> ACTIVITY: Within the data that follows, set down exactly the lines from the one containing "owner has made." through the one containing "pub fn observer_make(&mut", both ends included.

====== DATA FOR REVIEW

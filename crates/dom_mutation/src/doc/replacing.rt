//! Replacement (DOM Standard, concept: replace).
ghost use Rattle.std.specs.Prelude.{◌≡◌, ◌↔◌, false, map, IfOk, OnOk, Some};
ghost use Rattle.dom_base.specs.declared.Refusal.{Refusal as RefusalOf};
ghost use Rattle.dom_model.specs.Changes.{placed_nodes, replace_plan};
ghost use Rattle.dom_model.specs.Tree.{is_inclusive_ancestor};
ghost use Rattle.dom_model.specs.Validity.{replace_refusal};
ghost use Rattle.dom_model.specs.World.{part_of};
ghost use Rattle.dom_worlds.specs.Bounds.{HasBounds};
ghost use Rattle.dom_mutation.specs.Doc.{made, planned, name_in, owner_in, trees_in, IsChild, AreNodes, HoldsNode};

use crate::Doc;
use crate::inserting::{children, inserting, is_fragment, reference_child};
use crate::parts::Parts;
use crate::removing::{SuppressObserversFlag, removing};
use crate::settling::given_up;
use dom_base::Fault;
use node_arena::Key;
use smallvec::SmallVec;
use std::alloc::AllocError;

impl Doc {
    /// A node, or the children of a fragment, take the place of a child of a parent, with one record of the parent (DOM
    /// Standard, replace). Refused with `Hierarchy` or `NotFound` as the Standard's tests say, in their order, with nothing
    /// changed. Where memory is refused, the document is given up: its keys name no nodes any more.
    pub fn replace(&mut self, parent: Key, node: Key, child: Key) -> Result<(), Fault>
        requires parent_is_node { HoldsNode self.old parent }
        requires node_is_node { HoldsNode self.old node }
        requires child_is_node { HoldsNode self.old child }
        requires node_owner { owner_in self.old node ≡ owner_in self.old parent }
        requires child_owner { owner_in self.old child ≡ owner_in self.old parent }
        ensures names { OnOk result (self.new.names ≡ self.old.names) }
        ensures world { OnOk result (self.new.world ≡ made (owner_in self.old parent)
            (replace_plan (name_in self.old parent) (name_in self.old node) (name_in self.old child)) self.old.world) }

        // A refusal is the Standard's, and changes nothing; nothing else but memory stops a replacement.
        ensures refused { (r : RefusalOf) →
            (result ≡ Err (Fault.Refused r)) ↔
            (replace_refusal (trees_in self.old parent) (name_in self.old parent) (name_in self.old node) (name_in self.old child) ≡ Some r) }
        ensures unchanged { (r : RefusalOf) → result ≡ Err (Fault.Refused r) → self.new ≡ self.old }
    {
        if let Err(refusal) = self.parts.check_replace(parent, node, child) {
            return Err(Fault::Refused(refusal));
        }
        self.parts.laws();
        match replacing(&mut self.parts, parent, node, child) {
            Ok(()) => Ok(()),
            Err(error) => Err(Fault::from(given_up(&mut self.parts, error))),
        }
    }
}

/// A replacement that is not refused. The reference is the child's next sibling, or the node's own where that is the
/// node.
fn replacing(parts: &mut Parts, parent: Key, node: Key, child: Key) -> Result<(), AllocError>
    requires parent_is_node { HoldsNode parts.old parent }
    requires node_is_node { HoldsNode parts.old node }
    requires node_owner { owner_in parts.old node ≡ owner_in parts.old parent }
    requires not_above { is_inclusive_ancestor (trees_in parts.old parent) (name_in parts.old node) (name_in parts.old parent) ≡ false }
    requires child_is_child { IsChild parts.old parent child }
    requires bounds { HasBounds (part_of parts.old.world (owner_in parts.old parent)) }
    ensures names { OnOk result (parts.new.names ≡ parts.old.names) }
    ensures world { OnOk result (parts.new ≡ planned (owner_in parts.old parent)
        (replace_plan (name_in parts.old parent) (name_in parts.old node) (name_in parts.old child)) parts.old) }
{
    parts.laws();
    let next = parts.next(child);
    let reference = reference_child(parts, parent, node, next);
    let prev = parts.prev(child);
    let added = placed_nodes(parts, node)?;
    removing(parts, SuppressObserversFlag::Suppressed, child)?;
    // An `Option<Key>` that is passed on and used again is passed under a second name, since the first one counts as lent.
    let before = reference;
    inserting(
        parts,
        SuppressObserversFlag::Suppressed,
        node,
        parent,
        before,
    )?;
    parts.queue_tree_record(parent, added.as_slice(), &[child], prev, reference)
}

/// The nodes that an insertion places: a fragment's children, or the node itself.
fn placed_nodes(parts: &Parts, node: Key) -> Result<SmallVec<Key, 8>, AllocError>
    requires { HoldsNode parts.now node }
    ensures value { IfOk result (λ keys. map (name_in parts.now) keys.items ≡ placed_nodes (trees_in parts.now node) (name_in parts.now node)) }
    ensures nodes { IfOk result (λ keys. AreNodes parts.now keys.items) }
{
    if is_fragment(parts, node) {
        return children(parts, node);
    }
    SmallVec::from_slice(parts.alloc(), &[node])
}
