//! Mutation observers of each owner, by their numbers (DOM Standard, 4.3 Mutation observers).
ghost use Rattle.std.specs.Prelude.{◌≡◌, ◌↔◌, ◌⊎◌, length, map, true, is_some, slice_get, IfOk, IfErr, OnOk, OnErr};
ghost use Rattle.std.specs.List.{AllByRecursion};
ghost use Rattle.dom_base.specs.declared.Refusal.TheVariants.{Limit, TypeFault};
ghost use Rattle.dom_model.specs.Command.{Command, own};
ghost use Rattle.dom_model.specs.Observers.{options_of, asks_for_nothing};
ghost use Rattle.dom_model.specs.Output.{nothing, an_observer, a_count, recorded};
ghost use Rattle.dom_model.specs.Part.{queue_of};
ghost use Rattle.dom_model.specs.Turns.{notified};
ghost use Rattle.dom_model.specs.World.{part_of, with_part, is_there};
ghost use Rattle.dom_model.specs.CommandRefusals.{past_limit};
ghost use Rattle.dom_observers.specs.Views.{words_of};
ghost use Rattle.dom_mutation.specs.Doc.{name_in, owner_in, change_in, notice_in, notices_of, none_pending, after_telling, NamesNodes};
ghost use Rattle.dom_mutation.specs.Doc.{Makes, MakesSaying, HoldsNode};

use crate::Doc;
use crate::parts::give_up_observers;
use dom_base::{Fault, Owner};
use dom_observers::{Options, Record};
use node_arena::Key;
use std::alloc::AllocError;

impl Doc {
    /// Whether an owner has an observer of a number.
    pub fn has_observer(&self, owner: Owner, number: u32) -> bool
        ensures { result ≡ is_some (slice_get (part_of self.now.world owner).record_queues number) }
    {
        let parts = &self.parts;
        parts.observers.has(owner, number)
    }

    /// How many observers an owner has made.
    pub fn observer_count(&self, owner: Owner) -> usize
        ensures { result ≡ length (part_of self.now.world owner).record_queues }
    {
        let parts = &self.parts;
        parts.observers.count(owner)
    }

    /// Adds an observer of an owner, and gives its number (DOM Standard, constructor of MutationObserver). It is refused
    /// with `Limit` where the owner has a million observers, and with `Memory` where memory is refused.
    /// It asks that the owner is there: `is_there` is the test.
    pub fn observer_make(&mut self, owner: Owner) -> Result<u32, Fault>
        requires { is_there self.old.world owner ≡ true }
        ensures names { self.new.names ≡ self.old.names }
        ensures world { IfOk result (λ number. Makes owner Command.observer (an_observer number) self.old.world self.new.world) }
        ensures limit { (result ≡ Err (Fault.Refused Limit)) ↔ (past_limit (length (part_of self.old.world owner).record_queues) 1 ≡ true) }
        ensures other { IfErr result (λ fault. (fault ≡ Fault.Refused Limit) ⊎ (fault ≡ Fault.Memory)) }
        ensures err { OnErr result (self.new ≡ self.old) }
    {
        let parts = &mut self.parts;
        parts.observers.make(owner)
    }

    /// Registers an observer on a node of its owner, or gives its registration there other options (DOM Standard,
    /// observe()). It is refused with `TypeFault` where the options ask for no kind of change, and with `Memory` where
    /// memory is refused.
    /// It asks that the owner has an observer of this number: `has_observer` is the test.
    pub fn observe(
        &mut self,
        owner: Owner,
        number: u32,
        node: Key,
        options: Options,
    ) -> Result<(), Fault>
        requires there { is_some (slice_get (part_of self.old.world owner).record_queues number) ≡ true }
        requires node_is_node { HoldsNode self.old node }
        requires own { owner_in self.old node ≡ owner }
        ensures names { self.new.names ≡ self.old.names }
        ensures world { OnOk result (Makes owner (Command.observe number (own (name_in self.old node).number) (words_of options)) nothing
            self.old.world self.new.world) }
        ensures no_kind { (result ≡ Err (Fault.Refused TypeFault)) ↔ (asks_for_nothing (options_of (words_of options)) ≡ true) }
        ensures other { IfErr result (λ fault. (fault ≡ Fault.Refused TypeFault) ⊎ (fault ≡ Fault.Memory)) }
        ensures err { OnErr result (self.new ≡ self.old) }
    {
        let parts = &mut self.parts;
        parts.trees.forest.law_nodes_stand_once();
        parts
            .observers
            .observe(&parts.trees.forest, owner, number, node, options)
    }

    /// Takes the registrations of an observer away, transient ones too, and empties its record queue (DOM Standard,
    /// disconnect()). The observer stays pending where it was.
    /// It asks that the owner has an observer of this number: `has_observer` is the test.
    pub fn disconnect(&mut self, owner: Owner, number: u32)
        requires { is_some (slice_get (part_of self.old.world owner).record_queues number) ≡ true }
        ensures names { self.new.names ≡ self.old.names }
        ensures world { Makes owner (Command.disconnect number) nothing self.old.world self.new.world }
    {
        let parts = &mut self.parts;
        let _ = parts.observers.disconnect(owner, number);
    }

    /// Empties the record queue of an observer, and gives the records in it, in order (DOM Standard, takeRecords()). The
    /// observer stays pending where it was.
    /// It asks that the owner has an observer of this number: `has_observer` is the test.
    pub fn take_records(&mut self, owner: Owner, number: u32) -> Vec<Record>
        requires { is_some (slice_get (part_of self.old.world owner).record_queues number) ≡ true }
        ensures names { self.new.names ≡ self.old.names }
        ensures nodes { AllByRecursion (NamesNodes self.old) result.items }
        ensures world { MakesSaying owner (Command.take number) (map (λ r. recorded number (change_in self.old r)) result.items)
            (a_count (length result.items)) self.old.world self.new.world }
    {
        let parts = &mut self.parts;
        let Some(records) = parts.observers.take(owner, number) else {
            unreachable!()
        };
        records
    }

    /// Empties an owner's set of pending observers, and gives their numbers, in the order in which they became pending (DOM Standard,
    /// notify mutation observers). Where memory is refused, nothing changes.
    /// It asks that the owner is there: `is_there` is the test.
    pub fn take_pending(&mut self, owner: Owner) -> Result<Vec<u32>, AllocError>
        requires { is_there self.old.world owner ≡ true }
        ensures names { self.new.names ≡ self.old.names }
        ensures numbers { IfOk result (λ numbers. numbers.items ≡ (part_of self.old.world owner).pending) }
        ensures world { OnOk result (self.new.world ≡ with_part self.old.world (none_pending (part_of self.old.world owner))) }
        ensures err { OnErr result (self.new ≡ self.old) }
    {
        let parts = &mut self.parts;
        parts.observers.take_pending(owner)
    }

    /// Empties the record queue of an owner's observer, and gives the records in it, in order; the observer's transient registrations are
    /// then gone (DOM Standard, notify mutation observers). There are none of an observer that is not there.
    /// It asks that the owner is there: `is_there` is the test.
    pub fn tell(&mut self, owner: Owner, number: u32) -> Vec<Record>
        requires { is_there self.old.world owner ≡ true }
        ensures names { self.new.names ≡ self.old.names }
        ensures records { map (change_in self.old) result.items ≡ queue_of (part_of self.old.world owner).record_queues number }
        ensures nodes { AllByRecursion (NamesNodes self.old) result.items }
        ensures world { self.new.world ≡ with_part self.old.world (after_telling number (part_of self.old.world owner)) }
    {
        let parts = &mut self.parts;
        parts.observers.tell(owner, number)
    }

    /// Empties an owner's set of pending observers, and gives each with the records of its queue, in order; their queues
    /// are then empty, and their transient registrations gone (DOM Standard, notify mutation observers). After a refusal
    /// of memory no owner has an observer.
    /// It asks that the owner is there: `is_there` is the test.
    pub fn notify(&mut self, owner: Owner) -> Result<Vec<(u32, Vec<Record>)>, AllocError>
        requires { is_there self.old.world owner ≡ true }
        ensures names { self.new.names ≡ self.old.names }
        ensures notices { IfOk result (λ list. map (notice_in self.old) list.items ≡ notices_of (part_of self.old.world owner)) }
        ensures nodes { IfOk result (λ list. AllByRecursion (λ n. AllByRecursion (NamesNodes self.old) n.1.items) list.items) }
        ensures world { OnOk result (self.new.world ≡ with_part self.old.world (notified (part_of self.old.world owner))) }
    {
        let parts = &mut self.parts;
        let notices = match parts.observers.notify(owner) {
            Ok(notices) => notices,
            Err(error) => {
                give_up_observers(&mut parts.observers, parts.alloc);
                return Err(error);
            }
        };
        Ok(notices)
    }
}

============

> TASK SOLUTION:
    /// How many observers an owner has made.
    pub fn observer_count(&self, owner: Owner) -> usize
        ensures { result ≡ length (part_of self.now.world owner).record_queues }
    {
        let parts = &self.parts;
        parts.observers.count(owner)
    }

    /// Adds an observer of an owner, and gives its number (DOM Standard, constructor of MutationObserver). It is refused
    /// with `Limit` where the owner has a million observers, and with `Memory` where memory is refused.
    /// It asks that the owner is there: `is_there` is the test.
    pub fn observer_make(&mut self, owner: Owner) -> Result<u32, Fault>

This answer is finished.